▶ **Work to be completed**:
Write out the data that follows. Keep every character unchanged.

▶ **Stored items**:

________________

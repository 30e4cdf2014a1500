//! Whole files: read up to a limit, replaced, removed; and the count of the calls that failed.
//!
//! This crate is the edge to the file system, and what the system does is trusted: no clause says which bytes a file has, or
//! that a file replaced has the new ones. What is proved is that these functions are safe and return, how long the bytes are
//! that are read, under which names files are written, and when a fault is counted.
#![tactic(auto)]

mod fault_count;
mod file_writer;
mod whole_file;

pub use fault_count::FaultCount;
pub use file_writer::FileWriter;
pub use whole_file::{is_absent, path_in, read_file, remove_file};
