//! How often calls have failed.

ghost use Rattle.std.specs.Prelude.{◌≡◌, Ok, IfOk};
ghost use Rattle.object_name.specs.Causes.{HasCause};

use object_name::Trouble;
use std::io;
use std::io::ErrorKind;
use std::marker::Model;

/// How often calls have failed. The count stands still at its last value. Contracts see it as a number.
#[derive(Debug, Drop)]
pub struct FaultCount {
    count: u64,
}

impl Model for FaultCount {
    ghost use Rattle.std.specs.Prelude.{ℕ};
    ghost use Rattle.std.specs.Coded.{coded_ℕ};

    ghost Value = { ℕ };

    ghost coded = { coded_ℕ };

    ghost view = { λ f. f.count };
}

impl FaultCount {
    /// No call has failed.
    pub fn new() -> Self
        ensures { result ≡ 0 }
    {
        FaultCount { count: 0 }
    }

    pub fn count(&self) -> u64
        ensures { result ≡ self.now }
    {
        self.count
    }

    /// What a call answers, by what came of its work on files: a failure is counted, and out of memory isn't one.
    pub fn answer<T: Drop>(&mut self, done: io::Result<T>) -> Result<T, Trouble>
        ensures done { IfOk done (λ value. result ≡ Ok value) }
        ensures value { IfOk result (λ value. done ≡ Ok value) }
        ensures cause { HasCause self.old self.new result }
    {
        match done {
            Ok(value) => Ok(value),
            Err(error) if error.kind() == ErrorKind::OutOfMemory => Err(Trouble::Memory),
            Err(_) => {
                self.count = self.count.saturating_add(1);
                Err(Trouble::Failed)
            }
        }
    }
}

________________

▶ **Response area**:
repository 30e4cdf2014a1500
//! Whole files: read up to a limit, replaced, removed; and the count of the calls that failed.
//!
//! This crate is the edge to the file system, and what the system does is trusted: no clause says which bytes a file has, or
//! that a file replaced has the new ones. What is proved is that these functions are safe and return, how long the bytes are
//! that are read, under which names files are written, and when a fault is counted.
#![tactic(auto)]

mod fault_count;
mod file_writer;
mod whole_file;

pub use fault_count::FaultCount;
pub use file_writer::FileWriter;
pub use whole_file::{is_absent, path_in, read_file, remove_file};
//! How often calls have failed.

ghost use Rattle.std.specs.Prelude.{◌≡◌, Ok, IfOk};
ghost use Rattle.object_name.specs.Causes.{HasCause};

use object_name::Trouble;
use std::io;
use std::io::ErrorKind;
use std::marker::Model;

/// How often calls have failed. The count stands still at its last value. Contracts see it as a number.
#[derive(Debug, Drop)]
pub struct FaultCount {
    count: u64,
}

impl Model for FaultCount {
    ghost use Rattle.std.specs.Prelude.{ℕ};
    ghost use Rattle.std.specs.Coded.{coded_ℕ};

    ghost Value = { ℕ };

    ghost coded = { coded_ℕ };

    ghost view = { λ f. f.count };
}

impl FaultCount {
    /// No call has failed.
    pub fn new() -> Self
        ensures { result ≡ 0 }
    {
        FaultCount { count: 0 }
    }

    pub fn count(&self) -> u64
        ensures { result ≡ self.now }
    {
        self.count
    }

    /// What a call answers, by what came of its work on files: a failure is counted, and out of memory isn't one.
    pub fn answer<T: Drop>(&mut self, done: io::Result<T>) -> Result<T, Trouble>
        ensures done { IfOk done (λ value. result ≡ Ok value) }
        ensures value { IfOk result (λ value. done ≡ Ok value) }
        ensures cause { HasCause self.old self.new result }
    {
        match done {
            Ok(value) => Ok(value),
            Err(error) if error.kind() == ErrorKind::OutOfMemory => Err(Trouble::Memory),
            Err(_) => {
                self.count = self.count.saturating_add(1);
                Err(Trouble::Failed)
            }
        }
    }
}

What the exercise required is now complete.